Stored data:
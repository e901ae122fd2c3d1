// Parts of the collection, in memory or in a file.
ghost use Rattle.std.specs.Prelude.{◌≡◌, ◌≢◌, ◌<◌, ◌≤◌, ◌*◌, Option, Some, length, map, Err, IfOk, IfErr, OnOk};
ghost use Rattle.std.specs.List.{All};
ghost use Rattle.std.specs.List.Sorted.{IsStrictlyIncreasing};
ghost use Rattle.ri_base.specs.Collection.{document_at};
ghost use Rattle.ri_base.specs.Documents.{IsDocument};
ghost use Rattle.ri_base.specs.Faults.{IsOutside, TellsDamage};
ghost use Rattle.ri_base.specs.Keeps.{Rose};
ghost use Rattle.ri_base.specs.Places.{places};
ghost use Rattle.ri_base.specs.declared.limits.TheConstants.{MAX_DOC_TOKENS};
ghost use Rattle.store_ends.specs.Files.{Files, IsQuiet};
ghost use Rattle.seg_codec.specs.Segment.{entry_of};
ghost use Rattle.disk_index.specs.Blocks.{of_range};
ghost use Rattle.disk_index.specs.Cache.{AllKept, CacheKeeps, IsCacheBacked};
ghost use Rattle.disk_index.specs.Parts.{ArePlacesOf, AreRangeOf, IsFileOf, IsPartBacked, IsPartFault, IsPartIntact, IsRangeFaultOf, reads, size, source_of};

use crate::{BlockCache, DiskIndex};
use ri_base::{Doc, Docno, FieldSpan, List, NoMemory, Positions, Postings, Sealed, SegFault, Term};
use std::alloc::Global;
use std::rc::Rc;
use store_ends::Store;

/// A part of the collection. It is shared: another reader of it copies nothing.
#[derive(Drop)]
pub enum Part {
    Memory(Rc<Sealed>),
    Disk(Rc<DiskIndex>),
}

impl Part {
    /// The same part once more; none of it is copied.
    pub fn share(&self) -> Result<Part, NoMemory>
        ensures { IfOk result (λ part. source_of part ≡ source_of self.now) }
    {
        match self {
            Part::Memory(sealed) => Ok(Part::Memory(sealed.clone()?)),
            Part::Disk(index) => Ok(Part::Disk(index.clone()?)),
        }
    }

    /// How many documents there are.
    pub fn docs(&self) -> u32
        ensures size { result ≡ size (source_of self.now) }
        ensures documents { (told : Option Files) → result ≡ length (reads told (source_of self.now)) }
    {
        match self {
            Part::Memory(sealed) => sealed.docs(),
            Part::Disk(index) => index.docs(),
        }
    }

    pub fn docno(&self, id: u32) -> &Docno
        requires { id < size (source_of self.now) }
        ensures { (told : Option Files) → result.now ≡ (document_at (reads told (source_of self.now)) id).docno }
    {
        match self {
            Part::Memory(sealed) => sealed.docno(id),
            Part::Disk(index) => index.docno(id),
        }
    }

    /// How many tokens the document has.
    pub fn length(&self, id: u32) -> u32
        requires { id < size (source_of self.now) }
        ensures exact { (told : Option Files) → result ≡ length (document_at (reads told (source_of self.now)) id).tokens }
        ensures most { result ≤ MAX_DOC_TOKENS }
    {
        match self {
            Part::Memory(sealed) => sealed.length(id),
            Part::Disk(index) => index.length(id),
        }
    }

    /// The fields of the document, by begin, end and name.
    pub fn spans(&self, id: u32) -> &[FieldSpan]
        requires { id < size (source_of self.now) }
        ensures exact { (told : Option Files) → result.now ≡ (document_at (reads told (source_of self.now)) id).fields }
        ensures form { (told : Option Files) → IsDocument (document_at (reads told (source_of self.now)) id).tokens result.now }
    {
        match self {
            Part::Memory(sealed) => sealed.spans(id),
            Part::Disk(index) => index.spans(id),
        }
    }

    /// The places of the term in the document, in order.
    pub fn positions<T: Store>(
        &self,
        alloc: Global,
        store: &mut T,
        cache: &mut BlockCache,
        term: &Term,
        id: u32,
    ) -> Result<Positions, SegFault>
        requires { id < size (source_of self.now) }
        ensures exact { IsPartBacked (T.files store.old) (source_of self.now) → IsCacheBacked (T.files store.old) cache.old
            → IfOk result (λ ps. ps ≡ places term.now (document_at (reads (T.files store.old) (source_of self.now)) id)) }
        ensures honest { IsPartIntact (T.files store.old) (source_of self.now) → IsCacheBacked (T.files store.old) cache.old
            → IfErr result IsOutside }

        // On disk they are those of a block that was kept or read, so no malformed one is passed by.
        ensures told { IfOk result (ArePlacesOf (T.files store.old) cache.old (source_of self.now) term.now id) }

        ensures rising { IfOk result IsStrictlyIncreasing }
        ensures below { IfOk result (All (λ p. p < length (document_at (reads (T.files store.old) (source_of self.now)) id).tokens)) }
        ensures fault { (f : Files) → T.files store.old ≡ Some f → IfErr result (IsPartFault f cache.old (source_of self.now) term.now id) }
        ensures cache { CacheKeeps (T.files store.old) (IsFileOf (source_of self.now)) cache.old cache.new }
        ensures undamaged { OnOk result (cache.new.damage ≡ cache.old.damage) }
        ensures damaged { IfErr result (TellsDamage cache.old.damage cache.new.damage) }
        ensures quiet { IsQuiet T.files T.layers T.clock T.since T.longest T.held store.old store.new }
        ensures later { T.faults store.old ≤ T.faults store.new }
        ensures store { result ≡ Err SegFault.Store → Rose (T.faults store.old) (T.faults store.new) }
        ensures none { result ≢ Err SegFault.Store → T.faults store.new ≡ T.faults store.old }
    {
        match self {
            Part::Memory(sealed) => in_memory(alloc, sealed, term, id),
            Part::Disk(index) => index.positions(alloc, store, cache, term, id),
        }
    }

    /// The documents with the ids from `64 * range` on, 64 at most, each whole.
    pub fn documents<T: Store>(
        &self,
        alloc: Global,
        store: &mut T,
        cache: &mut BlockCache,
        range: u32,
    ) -> Result<List<Doc>, SegFault>
        requires { 64 * range < size (source_of self.now) }
        ensures exact { IsPartBacked (T.files store.old) (source_of self.now) → IsCacheBacked (T.files store.old) cache.old
            → IfOk result (λ ds. ds ≡ of_range range (reads (T.files store.old) (source_of self.now))) }
        ensures honest { IsPartIntact (T.files store.old) (source_of self.now) → IsCacheBacked (T.files store.old) cache.old
            → IfErr result IsOutside }

        // Without their tokens they are those of the part, whatever the file has.
        ensures kept { IfOk result (λ ds. map entry_of ds ≡ map entry_of (of_range range (reads (T.files store.old) (source_of self.now)))) }

        // On disk they are what the blocks of the range tell, so no malformed one is passed by.
        ensures told { IfOk result (AreRangeOf (T.files store.old) cache.old (source_of self.now) range) }

        ensures fault { (f : Files) → T.files store.old ≡ Some f → IfErr result (IsRangeFaultOf f cache.old (source_of self.now) range) }
        ensures cache { AllKept cache.old cache.new }
        ensures undamaged { OnOk result (cache.new.damage ≡ cache.old.damage) }
        ensures damaged { IfErr result (TellsDamage cache.old.damage cache.new.damage) }
        ensures quiet { IsQuiet T.files T.layers T.clock T.since T.longest T.held store.old store.new }
        ensures later { T.faults store.old ≤ T.faults store.new }
        ensures store { result ≡ Err SegFault.Store → Rose (T.faults store.old) (T.faults store.new) }
        ensures none { result ≢ Err SegFault.Store → T.faults store.new ≡ T.faults store.old }
    {
        match self {
            Part::Memory(sealed) => documents_in_memory(alloc, sealed, range),
            Part::Disk(index) => index.documents(alloc, store, cache, range),
        }
    }
}

fn in_memory(alloc: Global, sealed: &Sealed, term: &Term, id: u32) -> Result<Positions, SegFault>
    requires { id < length sealed.now }
    ensures exact { IfOk result (λ ps. ps ≡ places term.now (document_at sealed.now id)) }
    ensures rising { IfOk result IsStrictlyIncreasing }
    ensures below { IfOk result (All (λ p. p < length (document_at sealed.now id).tokens)) }
    ensures honest { IfErr result IsOutside }
    ensures store { result ≡ Err SegFault.Store → ⊥ }
{
    Ok(sealed.places(alloc, term, id)?)
}

fn documents_in_memory(alloc: Global, sealed: &Sealed, range: u32) -> Result<List<Doc>, SegFault>
    requires { 64 * range < length sealed.now }
    ensures exact { IfOk result (λ ds. ds ≡ of_range range sealed.now) }
    ensures honest { IfErr result IsOutside }
    ensures store { result ≡ Err SegFault.Store → ⊥ }
{
    let total = sealed.docs();
    let first = 64 * range;
    let count = (total - first).min(64);
    let mut docs = List::with_capacity(alloc, count as usize)?;
    for i in 0..count {
        docs.push(sealed.doc(alloc, first + i)?)?;
    }
    Ok(docs)
}
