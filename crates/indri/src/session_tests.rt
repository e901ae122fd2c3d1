// Runs of `session` over a store in memory.
use crate::store_tests::{CREATE, Step, are_ended};
use crate::tests::USAGE;
use indri_app::Status;

/// An open query is asked about what was live when it was opened, and the answer is that of a new collection.
static ANSWERED: [Step; 4] = [
    (
        &["session"],
        "sing\n",
        Status::NoRepository,
        "norepository\n",
    ),
    CREATE,
    (
        &["session", "--mu", "1"],
        "add 31\n<DOC><DOCNO>d1</DOCNO>a b</DOC>\nflush\ndelete d1\nadd 29\n<DOC><DOCNO>d1</DOCNO>c</DOC>\nopen q 5 a c\nstep q 1\nshow q\nend\n",
        Status::Done,
        "added d1 2\nflushed 1\ndeleted d1\nadded d1 1\nopened q 1\nstepped q 1 of 1\nresults q 1\n1 - -1.000000 d1 0 1\nended 1\n",
    ),
    (
        &["query", "--mu", "1", "a c"],
        "",
        Status::Done,
        "1 - -1.000000 d1 0 1\n",
    ),
];

/// Documents are deleted and added while a merge is open.
static MERGED: [Step; 3] = [
    CREATE,
    (
        &["session", "--mu", "1"],
        "add 60\n<DOC><DOCNO>d1</DOCNO>a b</DOC><DOC><DOCNO>d2</DOCNO>a</DOC>\nmerge\nturn 1\ndelete d1\nadd 29\n<DOC><DOCNO>d1</DOCNO>a</DOC>\nturn 1\nopen q 5 a\nstep q 2\nshow q\nend\n",
        Status::Done,
        "added d1 2\nadded d2 1\nmerging 2\nturned 1 of 2\ndeleted d1\nadded d1 1\nmerged 2\nopened q 2\nstepped q 2 of 2\nresults q 2\n1 - -0.000000 d1 0 1\n2 = -0.000000 d2 0 1\nended 2\n",
    ),
    (
        &["query", "--mu", "1", "a"],
        "",
        Status::Done,
        "1 - -0.000000 d1 0 1\n2 = -0.000000 d2 0 1\n",
    ),
];

/// Two queries are open while documents come and go.
static OPENED: [Step; 2] = [
    CREATE,
    (
        &["session", "--mu", "1"],
        "add 31\n<DOC><DOCNO>d1</DOCNO>a b</DOC>\nopen p 5 a\nadd 29\n<DOC><DOCNO>d2</DOCNO>a</DOC>\nopen q 5 a\ndelete d1\nshow p\nstep p 1\nshow p\nstep q 9\nshow q\nclose p\nend\n",
        Status::SomeRefused,
        "added d1 2\nopened p 1\nadded d2 1\nopened q 2\ndeleted d1\nrefused NotYet p\nstepped p 1 of 1\nresults p 1\n1 - -1.000000 d1 0 2\nstepped q 2 of 2\nresults q 2\n1 - -0.263034 d2 0 1\n2 > -0.847996 d1 0 2\nclosed p\nended 1\n",
    ),
];

/// What is refused, and that a session goes on behind it. Its end may be that of its input.
static REFUSED: [Step; 5] = [
    CREATE,
    (&["session", "a"], "", Status::Usage, USAGE),
    (
        &["session"],
        "delete x\nadd 62\n<DOC><DOCNO>d1</DOCNO>a b</DOC><DOC><DOCNO>d1</DOCNO>a b</DOC>\nopen q 5 a\nopen q 5 a\nstep z 1\nturn 1\nsing\nend\nadd 1\n",
        Status::SomeRefused,
        "refused NoSuchDoc x\nadded d1 2\nrefused Repeated d1\nopened q 1\nrefused NameTaken q\nrefused NoSuchName z\nrefused NoMerge\nrefused BadEvent 117\nended 1\n",
    ),
    (
        &["session"],
        "open q 1 #1(a\nopen q 1 a #prior(x)\nadd 30\n<DOC><DOCNO>d2</DOCNO>a</DOC>x\nadd 40\n<DOC><DOCNO>d3</DOCNO>a</DOC>",
        Status::SomeRefused,
        "refused Query Expected 4\nrefused Check UnknownPrior x\nadded d2 1\nrefused NotADoc 29\nadded d3 1\nrefused ShortAdd 73\nended 3\n",
    ),
    (&["session"], "", Status::Done, "ended 3\n"),
];

#[test]
fn sessions(rt: HostRuntime) {
    assert!(rt; are_ended(rt.alloc(), &ANSWERED));
    assert!(rt; are_ended(rt.alloc(), &MERGED));
    assert!(rt; are_ended(rt.alloc(), &OPENED));
    assert!(rt; are_ended(rt.alloc(), &REFUSED));
}
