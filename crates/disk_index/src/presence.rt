// Whether a term may stand in a range of documents.
ghost use Rattle.std.specs.Prelude.{◌≡◌, ◌/◌, ◌==◌, Option, false, is_some};
ghost use Rattle.std.specs.List.{list_any};
ghost use Rattle.std.specs.List.Sorted.{IsNonDecreasingBy};
ghost use Rattle.ri_base.specs.Places.{postings_of};
ghost use Rattle.store_ends.specs.Files.{Files};
ghost use Rattle.disk_index.specs.Kept.{place_of};
ghost use Rattle.disk_index.specs.Parts.{IsPartBacked, reads, source_of};
ghost use Rattle.disk_index.specs.Presence.{IsNext, IsNowhere, may_have};

use crate::{DiskIndex, Part};
use ri_base::{Place, Sealed, Term};

impl DiskIndex {
    /// Whether the dictionary has a block of the term for the range. No file is read.
    pub fn has_block(&self, term: &Term, range: u32) -> bool
        ensures { result ≡ is_some (place_of self.now.dictionary term.now range) }
    {
        self.key(term, range).is_some()
    }
}

impl Part {
    /// Whether the term may stand in a document with an id from `64 * range` on, 64 at most. No file is read.
    pub fn may_have(&self, term: &Term, range: u32) -> bool
        ensures exact { result ≡ may_have (source_of self.now) range term.now }
        ensures nowhere { (told : Option Files) → IsPartBacked told (source_of self.now) → result ≡ false
            → IsNowhere range term.now (reads told (source_of self.now)) }
    {
        match self {
            Part::Memory(sealed) => has_term(sealed, term, range),
            Part::Disk(index) => index.has_block(term, range),
        }
    }

    /// The first range from this one on of which a document may have the term. No file is read.
    pub fn next_with(&self, term: &Term, from: u32) -> Option<u32>
        ensures { IsNext (λ range. may_have (source_of self.now) range term.now) from result }
    {
        match self {
            Part::Memory(sealed) => next_in_memory(sealed, term, from),
            Part::Disk(index) => index.next_block(term, from),
        }
    }
}

/// The postings of a term, by rising id: none where no document has it.
pub fn term_postings<'a>(sealed: &'a Sealed, term: &Term) -> &'a [Place]
    ensures same { result.now ≡ postings_of term.now sealed.now }
    ensures rising { IsNonDecreasingBy (λ p. p.id) result.now }
{
    match sealed.vocabulary().as_slice().binary_search(term) {
        Ok(rank) => sealed.postings(rank).as_slice(),
        Err(_) => &[],
    }
}

/// Whether a document of the range has the term.
fn has_term(sealed: &Sealed, term: &Term, range: u32) -> bool
    ensures { result ≡ list_any (λ p. p.id / 64 == range) (postings_of term.now sealed.now) }
{
    has_posting(term_postings(sealed, term), range)
}

/// Whether there is a posting in the range, of postings by rising id.
fn has_posting(postings: &[Place], range: u32) -> bool
    requires { IsNonDecreasingBy (λ p. p.id) postings.now }
    ensures { result ≡ list_any (λ p. p.id / 64 == range) postings.now }
{
    let first = postings.partition_point(|p| p.id / 64 < range);
    first < postings.len() && postings[first].id / 64 == range
}

/// The first range from this one on of which a document of the index has the term.
pub fn next_in_memory(sealed: &Sealed, term: &Term, from: u32) -> Option<u32>
    ensures { IsNext (λ range. list_any (λ p. p.id / 64 == range) (postings_of term.now sealed.now)) from result }
{
    next_posting(term_postings(sealed, term), from)
}

/// The range of the first posting that isn't before this range, of postings by rising id.
fn next_posting(postings: &[Place], from: u32) -> Option<u32>
    requires { IsNonDecreasingBy (λ p. p.id) postings.now }
    ensures { IsNext (λ range. list_any (λ p. p.id / 64 == range) postings.now) from result }
{
    let first = postings.partition_point(|p| p.id / 64 < from);
    if first < postings.len() {
        return Some(postings[first].id / 64);
    }
    None
}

◆ Your goal
Collect each line above holding the string "ANSWERED".

◆ Solved problem
static ANSWERED: [Step; 4] = [
    assert!(rt; are_ended(rt.alloc(), &ANSWERED));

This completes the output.